(Stored dataset items)
--- --- ---

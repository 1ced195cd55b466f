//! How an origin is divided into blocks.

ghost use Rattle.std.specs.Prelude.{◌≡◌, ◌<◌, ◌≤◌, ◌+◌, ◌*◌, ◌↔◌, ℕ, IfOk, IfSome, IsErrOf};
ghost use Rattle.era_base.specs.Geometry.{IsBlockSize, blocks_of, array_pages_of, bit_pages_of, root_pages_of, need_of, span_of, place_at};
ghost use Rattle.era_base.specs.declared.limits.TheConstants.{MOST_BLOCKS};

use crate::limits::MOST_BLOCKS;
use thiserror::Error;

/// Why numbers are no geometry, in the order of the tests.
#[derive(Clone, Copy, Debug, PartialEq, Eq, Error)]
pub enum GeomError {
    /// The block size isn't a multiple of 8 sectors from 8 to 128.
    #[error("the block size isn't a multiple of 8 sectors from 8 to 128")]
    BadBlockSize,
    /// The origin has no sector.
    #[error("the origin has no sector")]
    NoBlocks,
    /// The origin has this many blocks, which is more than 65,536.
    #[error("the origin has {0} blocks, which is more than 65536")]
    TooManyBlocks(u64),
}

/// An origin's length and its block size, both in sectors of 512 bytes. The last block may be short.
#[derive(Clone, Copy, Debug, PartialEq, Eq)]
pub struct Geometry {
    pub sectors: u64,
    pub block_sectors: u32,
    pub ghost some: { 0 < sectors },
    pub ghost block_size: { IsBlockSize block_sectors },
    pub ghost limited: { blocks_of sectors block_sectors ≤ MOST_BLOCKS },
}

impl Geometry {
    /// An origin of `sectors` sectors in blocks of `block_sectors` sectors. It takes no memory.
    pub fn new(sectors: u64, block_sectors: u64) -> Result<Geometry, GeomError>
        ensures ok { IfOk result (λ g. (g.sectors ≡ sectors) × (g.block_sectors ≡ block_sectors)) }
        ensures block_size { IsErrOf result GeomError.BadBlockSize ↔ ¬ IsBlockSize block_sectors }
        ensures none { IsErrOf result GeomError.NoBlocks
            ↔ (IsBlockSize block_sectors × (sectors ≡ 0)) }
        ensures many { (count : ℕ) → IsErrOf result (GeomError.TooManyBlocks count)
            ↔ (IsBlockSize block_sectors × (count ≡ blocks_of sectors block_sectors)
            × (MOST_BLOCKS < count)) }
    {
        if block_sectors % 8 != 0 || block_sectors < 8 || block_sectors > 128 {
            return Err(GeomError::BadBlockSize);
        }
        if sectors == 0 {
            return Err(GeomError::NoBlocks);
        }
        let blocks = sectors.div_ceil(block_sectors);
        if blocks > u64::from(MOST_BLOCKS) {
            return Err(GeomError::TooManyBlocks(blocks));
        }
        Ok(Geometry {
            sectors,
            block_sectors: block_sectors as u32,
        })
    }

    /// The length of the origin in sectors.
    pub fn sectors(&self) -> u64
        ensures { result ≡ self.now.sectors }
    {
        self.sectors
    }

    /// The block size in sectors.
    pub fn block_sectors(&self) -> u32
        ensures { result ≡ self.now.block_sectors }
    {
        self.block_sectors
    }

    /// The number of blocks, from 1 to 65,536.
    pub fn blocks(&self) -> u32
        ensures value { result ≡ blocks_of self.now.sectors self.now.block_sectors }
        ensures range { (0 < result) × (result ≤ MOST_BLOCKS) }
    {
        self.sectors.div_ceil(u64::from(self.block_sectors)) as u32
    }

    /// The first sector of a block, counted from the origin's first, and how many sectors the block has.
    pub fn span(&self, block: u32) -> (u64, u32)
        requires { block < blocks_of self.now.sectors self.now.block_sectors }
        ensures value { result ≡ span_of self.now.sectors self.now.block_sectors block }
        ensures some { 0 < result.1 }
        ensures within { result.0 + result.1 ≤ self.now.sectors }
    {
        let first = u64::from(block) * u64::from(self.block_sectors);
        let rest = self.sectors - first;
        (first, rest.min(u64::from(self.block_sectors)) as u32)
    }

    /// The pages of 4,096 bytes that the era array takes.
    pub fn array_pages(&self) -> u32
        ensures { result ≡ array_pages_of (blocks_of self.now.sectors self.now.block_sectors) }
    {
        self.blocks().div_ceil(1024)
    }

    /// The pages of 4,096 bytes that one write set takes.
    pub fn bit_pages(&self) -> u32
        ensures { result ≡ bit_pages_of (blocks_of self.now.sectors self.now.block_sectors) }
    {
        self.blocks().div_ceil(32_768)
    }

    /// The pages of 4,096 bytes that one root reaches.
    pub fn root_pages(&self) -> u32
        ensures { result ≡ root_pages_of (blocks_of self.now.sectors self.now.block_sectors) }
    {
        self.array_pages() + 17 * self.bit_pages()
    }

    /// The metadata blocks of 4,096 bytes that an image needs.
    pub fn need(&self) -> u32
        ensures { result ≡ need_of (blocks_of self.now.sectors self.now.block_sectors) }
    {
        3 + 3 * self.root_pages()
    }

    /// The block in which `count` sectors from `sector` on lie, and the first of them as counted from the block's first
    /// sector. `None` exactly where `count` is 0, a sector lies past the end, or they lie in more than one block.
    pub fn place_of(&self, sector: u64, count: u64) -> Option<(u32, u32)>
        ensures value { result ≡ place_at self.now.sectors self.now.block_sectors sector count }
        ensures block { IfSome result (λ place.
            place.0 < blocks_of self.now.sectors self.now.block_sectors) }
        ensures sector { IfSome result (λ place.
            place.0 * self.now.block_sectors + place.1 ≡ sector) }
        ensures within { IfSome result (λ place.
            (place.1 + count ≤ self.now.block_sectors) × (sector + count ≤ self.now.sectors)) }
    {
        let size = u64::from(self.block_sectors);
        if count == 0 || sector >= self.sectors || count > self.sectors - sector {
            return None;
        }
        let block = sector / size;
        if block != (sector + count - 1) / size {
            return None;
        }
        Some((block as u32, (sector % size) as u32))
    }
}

--- --- ---

--- Task prompt ---
The response should consist of all the entries, set down exactly.

--- Solution to the exercise ---
repository 1ced195cd55b466f
//! How an origin is divided into blocks.

ghost use Rattle.std.specs.Prelude.{◌≡◌, ◌<◌, ◌≤◌, ◌+◌, ◌*◌, ◌↔◌, ℕ, IfOk, IfSome, IsErrOf};
ghost use Rattle.era_base.specs.Geometry.{IsBlockSize, blocks_of, array_pages_of, bit_pages_of, root_pages_of, need_of, span_of, place_at};
ghost use Rattle.era_base.specs.declared.limits.TheConstants.{MOST_BLOCKS};

use crate::limits::MOST_BLOCKS;
use thiserror::Error;

/// Why numbers are no geometry, in the order of the tests.
#[derive(Clone, Copy, Debug, PartialEq, Eq, Error)]
pub enum GeomError {
    /// The block size isn't a multiple of 8 sectors from 8 to 128.
    #[error("the block size isn't a multiple of 8 sectors from 8 to 128")]
    BadBlockSize,
    /// The origin has no sector.
    #[error("the origin has no sector")]
    NoBlocks,
    /// The origin has this many blocks, which is more than 65,536.
    #[error("the origin has {0} blocks, which is more than 65536")]
    TooManyBlocks(u64),
}

/// An origin's length and its block size, both in sectors of 512 bytes. The last block may be short.
#[derive(Clone, Copy, Debug, PartialEq, Eq)]
pub struct Geometry {
    pub sectors: u64,
    pub block_sectors: u32,
    pub ghost some: { 0 < sectors },
    pub ghost block_size: { IsBlockSize block_sectors },
    pub ghost limited: { blocks_of sectors block_sectors ≤ MOST_BLOCKS },
}

impl Geometry {
    /// An origin of `sectors` sectors in blocks of `block_sectors` sectors. It takes no memory.
    pub fn new(sectors: u64, block_sectors: u64) -> Result<Geometry, GeomError>
        ensures ok { IfOk result (λ g. (g.sectors ≡ sectors) × (g.block_sectors ≡ block_sectors)) }
        ensures block_size { IsErrOf result GeomError.BadBlockSize ↔ ¬ IsBlockSize block_sectors }
        ensures none { IsErrOf result GeomError.NoBlocks
            ↔ (IsBlockSize block_sectors × (sectors ≡ 0)) }
        ensures many { (count : ℕ) → IsErrOf result (GeomError.TooManyBlocks count)
            ↔ (IsBlockSize block_sectors × (count ≡ blocks_of sectors block_sectors)
            × (MOST_BLOCKS < count)) }
    {
        if block_sectors % 8 != 0 || block_sectors < 8 || block_sectors > 128 {
            return Err(GeomError::BadBlockSize);
        }
        if sectors == 0 {
            return Err(GeomError::NoBlocks);
        }
        let blocks = sectors.div_ceil(block_sectors);
        if blocks > u64::from(MOST_BLOCKS) {
            return Err(GeomError::TooManyBlocks(blocks));
        }
        Ok(Geometry {
            sectors,
            block_sectors: block_sectors as u32,
        })
    }

    /// The length of the origin in sectors.
    pub fn sectors(&self) -> u64
        ensures { result ≡ self.now.sectors }
    {
        self.sectors
    }

    /// The block size in sectors.
    pub fn block_sectors(&self) -> u32
        ensures { result ≡ self.now.block_sectors }
    {
        self.block_sectors
    }

    /// The number of blocks, from 1 to 65,536.
    pub fn blocks(&self) -> u32
        ensures value { result ≡ blocks_of self.now.sectors self.now.block_sectors }
        ensures range { (0 < result) × (result ≤ MOST_BLOCKS) }
    {
        self.sectors.div_ceil(u64::from(self.block_sectors)) as u32
    }

    /// The first sector of a block, counted from the origin's first, and how many sectors the block has.
    pub fn span(&self, block: u32) -> (u64, u32)
        requires { block < blocks_of self.now.sectors self.now.block_sectors }
        ensures value { result ≡ span_of self.now.sectors self.now.block_sectors block }
        ensures some { 0 < result.1 }
        ensures within { result.0 + result.1 ≤ self.now.sectors }
    {
        let first = u64::from(block) * u64::from(self.block_sectors);
        let rest = self.sectors - first;
        (first, rest.min(u64::from(self.block_sectors)) as u32)
    }

    /// The pages of 4,096 bytes that the era array takes.
    pub fn array_pages(&self) -> u32
        ensures { result ≡ array_pages_of (blocks_of self.now.sectors self.now.block_sectors) }
    {
        self.blocks().div_ceil(1024)
    }

    /// The pages of 4,096 bytes that one write set takes.
    pub fn bit_pages(&self) -> u32
        ensures { result ≡ bit_pages_of (blocks_of self.now.sectors self.now.block_sectors) }
    {
        self.blocks().div_ceil(32_768)
    }

    /// The pages of 4,096 bytes that one root reaches.
    pub fn root_pages(&self) -> u32
        ensures { result ≡ root_pages_of (blocks_of self.now.sectors self.now.block_sectors) }
    {
        self.array_pages() + 17 * self.bit_pages()
    }

    /// The metadata blocks of 4,096 bytes that an image needs.
    pub fn need(&self) -> u32
        ensures { result ≡ need_of (blocks_of self.now.sectors self.now.block_sectors) }
    {
        3 + 3 * self.root_pages()
    }

    /// The block in which `count` sectors from `sector` on lie, and the first of them as counted from the block's first
    /// sector. `None` exactly where `count` is 0, a sector lies past the end, or they lie in more than one block.
    pub fn place_of(&self, sector: u64, count: u64) -> Option<(u32, u32)>
        ensures value { result ≡ place_at self.now.sectors self.now.block_sectors sector count }
        ensures block { IfSome result (λ place.
            place.0 < blocks_of self.now.sectors self.now.block_sectors) }
        ensures sector { IfSome result (λ place.
            place.0 * self.now.block_sectors + place.1 ≡ sector) }
        ensures within { IfSome result (λ place.
            (place.1 + count ≤ self.now.block_sectors) × (sector + count ≤ self.now.sectors)) }
    {
        let size = u64::from(self.block_sectors);
        if count == 0 || sector >= self.sectors || count > self.sectors - sector {
            return None;
        }
        let block = sector / size;
        if block != (sector + count - 1) / size {
            return None;
        }
        Some((block as u32, (sector % size) as u32))
    }
}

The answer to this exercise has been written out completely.